# What exactly is a Pilot Watch?



## thisisallen (Jul 17, 2009)

Is there any specific criteria for a watch to be called a Pilot Watch? I see many watches that are called Pilot watches but some are simple watches while others are chronographs and some others have slide rules, LCD/LED readouts, etc., etc.


----------



## Tictocdoc (Sep 28, 2009)

Wow good question Ive been meaning to ask it myself, cant wait to see what the other guys will post here. 
From what Ive gathered while lurking the forum for a while now...
Pilot watches were ones that were specifically issued to pilots during WWII most notably those in the German Air force "Luftwaffe". These watches were made to be easy to read at a glance and accurate. They were also meant to be worn over the pilots jacket and thus ended up with a diameter of over 50mm and a simple dial design, that could be easily read at a glance. And a large crown that could be operated while wearing gloves. There were some variations of this theme, like watches specifically designed for the navigators,and many countries issued watches to their pilots. Back in those days it really was a useful tool and not just a cool accessory to have, their survival depended on the accuracy and reliability of their analog instruments to aid in their navigation and to keep track of certain things like speed and fuel, the watches ended up as a sort of Back up. These guys were the real deal, going up against their rival combatants and their survival or victories depended mostly on their skills and sheer brazenness "(Balls in today's language)".
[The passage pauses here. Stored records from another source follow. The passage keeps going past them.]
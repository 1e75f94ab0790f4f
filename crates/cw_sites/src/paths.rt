//! The path of the current strand, and the paths of the enclosing blocks that have spawned.
//!
//! The steps of all paths are in one list, path after path, and the steps of one path have no order. So a gap in the
//! middle is filled from the end: at most twice as many steps move as are dropped (`WritesWithin`). New steps of a
//! site are added to its last steps if these are still in the current path, so a path of plain calls has few steps
//! for each site. The limit of a path is a constant plus twice the number of sites of the paths that were merged so
//! far. If a path is longer than its limit, its steps are merged by site, and it then has at most half of the limit.
//! This is checked for the current path before a step is added to it, and for the base of a block when it takes a
//! continuation in. So each step pays once for its moves and its merge, for paths of any length that are joined.

ghost use Rattle.std.specs.Prelude.{◌≡◌, ℕ, ◌+◌, ◌-◌, ◌^◌, ◌<◌, ◌≤◌, ◌==◌, true, length, min, if◌then◌else◌, IfOk, OnOk};
ghost use Rattle.std.specs.Vec.{vec_len, vec_capacity};
ghost use Rattle.cw_sites.specs.Compacting.{AddsUpWithin, CountsOn, EndsWithin};
ghost use Rattle.cw_sites.specs.PathBounds.{ComesToFit, FitsAt, FitsBeside, GrowsAt, GrowsWithin, IsTight, JoinsTight, JoinsTightWith, KeepsLimit};
ghost use Rattle.cw_sites.specs.PathBounds.{StaysShort, StaysTight, StaysTightBeside, StaysTightWith};
ghost use Rattle.cw_sites.specs.PathCalls.{ReadsOwn, ReadsOwnBySite};
ghost use Rattle.cw_sites.specs.StepLists.{strand_path, Comes, ComesWithin, ClosesBlock, Extends, GathersBase, GrowsByOne, IsShort, IsWithinLimit};
ghost use Rattle.cw_sites.specs.StepLists.{HasFirstChild, HasRoom, HasRoomForBlock};
ghost use Rattle.cw_sites.specs.StepLists.{AddsStep, Appends, AppendsBlock, ExtendsAt, ExtendsBy, Forks, JoinsBlock, KeepsBlocks};
ghost use Rattle.cw_sites.specs.StepLists.{Laid, LaidWith, LetsChildGo, SaysTheSame, TakesChild};
ghost use Rattle.cw_sites.specs.StepSums.{HasSteps, StaysBelow};
ghost use Rattle.cw_sites.specs.StrandPaths.{nothing_run, begins, again, spawns, is_longer, ends, joins};

use crate::compacting::{add_up, sum_up};
use crate::steps::{Steps, add_steps, close_up, grow_steps, has_steps, take_out};
use std::alloc::{AllocError, Global};

/// A block that has spawned since its last join: the weights of its paths, and the places of their steps in the list.
#[derive(Clone, Copy, Debug)]
pub struct ForkedBlock {
    /// The path up to the spawn of the longest child; its steps are from `from` to `mid`.
    pub base: u64,
    /// The longest child that has ended, from its spawn on; its steps are from `mid` to `end`.
    pub longest: Option<u64>,
    /// While a child runs: the path from that spawn to the child's spawn; its steps are from `end` to `child`.
    pub rest: u64,
    pub from: usize,
    pub mid: usize,
    pub end: usize,
    pub child: usize,
}
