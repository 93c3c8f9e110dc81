//! The language server with the files of the folder that its client opens.
//!
//! `FolderServer` hands each message on to the `Server` of `gqlls_server`. Beside that it reads the GraphQL files of
//! the folder when the conversation has begun, and one of them again when the client says that it has changed or closes
//! it: names are looked for in these files too. A file that is open counts as the client has it.
//!
//! `gqlls` calls `run`, which is a whole run by the words of its command line.
#![tactic(auto)]

mod bounds;
mod command;
mod folder;
mod program;

pub use program::run;
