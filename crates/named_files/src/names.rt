// Which names in a folder are looked at, and the paths that they have.
ghost use Rattle.std.specs.Prelude.{◌≡◌, IfOk, string_bytes};
ghost use Rattle.named_files.specs.Names.{is_hidden, is_of_others, is_graphql, path_in};

use std::alloc::{AllocError, Allocator};

/// Whether a name is hidden.
pub fn is_hidden(name: &str) -> bool
    ensures { result ≡ is_hidden name.now }
{
    name.as_bytes().starts_with(b".")
}

/// Whether a folder's name says that package managers fill it.
pub fn is_of_others(name: &str) -> bool
    ensures { result ≡ is_of_others name.now }
{
    name == "node_modules"
}

/// Whether a file's name is one of a GraphQL file.
pub fn is_graphql(name: &str) -> bool
    ensures { result ≡ is_graphql name.now }
{
    let name = name.as_bytes();
    name.ends_with(b".graphql") || name.ends_with(b".graphqls") || name.ends_with(b".gql")
}

/// The path of a name in a folder. In the working folder it is the name. Where a name could not be read, it is the
/// folder's.
pub fn path_in<A: Allocator>(alloc: A, folder: &str, name: &str) -> Result<String<A>, AllocError>
    ensures { IfOk result (λ path. string_bytes path ≡ path_in folder.now name.now) }
{
    if name == "" {
        return String::from_str(alloc, folder);
    }
    if folder == "." {
        return String::from_str(alloc, name);
    }
    let mut path = String::from_str(alloc, folder)?;
    if !folder.as_bytes().ends_with(b"/") {
        path.push_str("/")?;
    }
    path.push_str(name)?;
    Ok(path)
}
Today Pilot watch seems more like a design style than an actual specialized tool critical for pilots. Some common features are sharply angled hands, Slide Rule, simple to read dial, or on the opposite end a crowded dial with lots of tinny numbers and such things that would theoretically be useful to a pilot today. ie... the Hamilton X-wind which has two independently operated bezels (with very small numbers) which can be used to calculate a crosswind. But I cant imagine a pilot coming down for a landing, lining up with the runway and then, droping everything and start fiddling with his watch at the last minute. GMT function has also been incorporated into pilot watches and helps keep track of a second time zone.

Here's my "Pilot"


----------



## Pilot2 (May 1, 2011)

Great question. My thoughts are that its a watch that is quickly, and easily readable in day and night. Many believe they need to be chronographs, but to me that isn't the case. I started out using chronos in the cockpit and found them fine, but unnecessary. In fact, I prefer a single dial, rugged watch like the Fortis B-42 Cosmonaut Day/Date (not chrono), or a dive watch like the Sinn U1 or Fortis Marinemaster. At this point I prefer the simplicity of the non-Chronos, as I typically don't use the stopwatch functions in flight, although they can come in handy for fuel burn/switching tanks, timing legs, etc.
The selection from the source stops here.